Cette nouvelle forme, on pourrait la décrire comme le passage du mensonge honteux et du faux qui passe inaperçu au mensonge effronté ou, comme disent certains politiques, « décomplexé ». D’autre part, si le faux est défini en sémiotique comme ce qui « n’est pas et ne paraît pas », nous sommes passés, sur le terrain politique, d’une vision du faux comme discours d’une certaine manière insignifiant et indifférent à un faux fondamental et cynique. De ce point de vue, la grande transformation du sens du mensonge et du faux en politique, c’est justement le passage de l’un à l’autre. Car désormais le mensonge ne fait pas grand chose pour se cacher, donc pour continuer à rester un mensonge (paraître et non-être). Au contraire, il s’affiche maintenant sans honte comme si finalement ça n’avait pas beaucoup d’importance. Ce passage du mensonge dissimulé au mensonge avéré, donc au faux ou au mensonge insoucieux de sa découverte, marque un changement de régime véridictoire. En ce sens, il devrait être interprété à la lumière d’une sémiotique de la culture de la véridiction.

Les récentes campagnes politiques (« Brexit », élection de Donald Trump aux Etats-Unis, référendum sur l’indépendance en Catalogne…) ont montré que la profusion d’informations fausses ou biaisées n’ont aucunement été jugées décisives par les citoyens concernés à l’heure de leur choix politique. En tout cas, le régime véridictoire de ces informations n’a pas été considéré comme leur aspect essentiel. Ainsi, une grande partie de la population britannique était parfaitement consciente du fait que bien des arguments avancés par les dirigeants britanniques partisans de la sortie de l’UE étaient faux mais cela n’a pas semblé les gêner. Que signifie tout cela ?

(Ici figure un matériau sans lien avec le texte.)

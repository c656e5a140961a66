//! What a command is given by the system: files, standard streams.
ghost use Rattle.std.specs.Prelude.{◌≡◌, ◌↔◌, IsSome, IsTrue, None, codes, false};
ghost use Rattle.tsn_device.specs.Wanted.{IsUnwritten, path_in};

use crate::devices::Given;
use crate::no_command::STANDARD_OUTPUT;
use std::alloc::Global;
use std::io;
use std::io::Printer;
use std::rt::Files;
use tsn_device::{Failure, FileSink, FileSource, WriterSink};

/// The files of a runtime, standard input, an output and whom to tell.
#[derive(Clone, Copy)]
pub struct System<'a, R, P, E> {
    pub rt: &'a R,
    pub alloc: Global,
    pub output: &'a P,
    pub told: &'a E,
}

impl<'a, R: Files + Input, P: Print, E: Eprint> Given<'a> for System<'a, R, P, E> {
    type Source = FileSource<'a, R>;

    type File = FileSink<'a, R>;

    type Output = WriterSink<'a, Printer<'a, P>>;

    ghost opens_network = { λ _ word s. (IsTrue s.reader.is_input ↔ (word ≡ codes "-")) × (s.reader.path.now ≡ word)
        × (s.reader.reader ≡ None) × (s.count ≡ 0) × (s.failures ≡ 0) };

    ghost opens_plan = { λ _ word s. (s.reader.is_input ≡ false) × (s.reader.path.now ≡ word)
        × (s.reader.reader ≡ None) × (s.count ≡ 0) × (s.failures ≡ 0) };

    ghost opens_cert = { λ _ word s. (s.reader.is_input ≡ false) × (s.reader.path.now ≡ word)
        × (s.reader.reader ≡ None) × (s.count ≡ 0) × (s.failures ≡ 0) };

    ghost makes_plan = { λ _ word s. (path_in s.wanted ≡ word) × IsUnwritten s.wanted × (s.failures ≡ 0) };

    ghost makes_cert = { λ _ word s. (path_in s.wanted ≡ word) × IsUnwritten s.wanted × (s.failures ≡ 0) };

    // (a file that no word names is refused by nobody)
    ghost refuses_plan = { λ _ word. IsSome word };

    ghost refuses_cert = { λ _ word. IsSome word };

    fn network(&self, word: &'a str) -> FileSource<'a, R> {
        FileSource::network(self.rt, word)
    }

    fn plan(&self, word: &'a str) -> FileSource<'a, R> {
        FileSource::file(self.rt, word)
    }

    fn cert(&self, word: &'a str) -> FileSource<'a, R> {
        FileSource::file(self.rt, word)
    }

    fn plan_file(&self, word: Option<&'a str>) -> Result<FileSink<'a, R>, Failure<'a>> {
        FileSink::new(self.rt, self.alloc, word)
    }

    fn cert_file(&self, word: Option<&'a str>) -> Result<FileSink<'a, R>, Failure<'a>> {
        FileSink::new(self.rt, self.alloc, word)
    }

    fn output(&self) -> WriterSink<'a, Printer<'a, P>> {
        WriterSink::new(STANDARD_OUTPUT, io::writer(self.output))
    }

    fn close_plan(&mut self, file: FileSink<'a, R>) {
        file.close();
    }

    fn close_cert(&mut self, file: FileSink<'a, R>) {
        file.close();
    }

    fn close_output(&mut self, output: WriterSink<'a, Printer<'a, P>>) {
        drop(output);
    }

    fn tell(&mut self, line: &str) {
        let _ = eprintln!(self.told; "tsn: {line}");
    }
}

Un nouveau type de contrat de véridiction semble s’établir entre destinateurs et destinataires du discours, un contrat qui n’est plus fondé sur un faire persuasif sous la forme d’un faire-paraître-vrai de la part du destinateur et sur un faire interprétatif sous la forme d’un croire-être-vrai de la part du destinataire. Pour celui-ci, paradoxalement, une modalisation aléthique négative ne débouche pas sur un croire-ne pas être mais sur la modalité épistémique du probable (ne pas croire-ne pas être) voire sur celle du certain (croire-être). De ce faire interprétatif ne découlera donc pas un faire épistémique de réfutation, tout au plus du doute, ou même de l’admission.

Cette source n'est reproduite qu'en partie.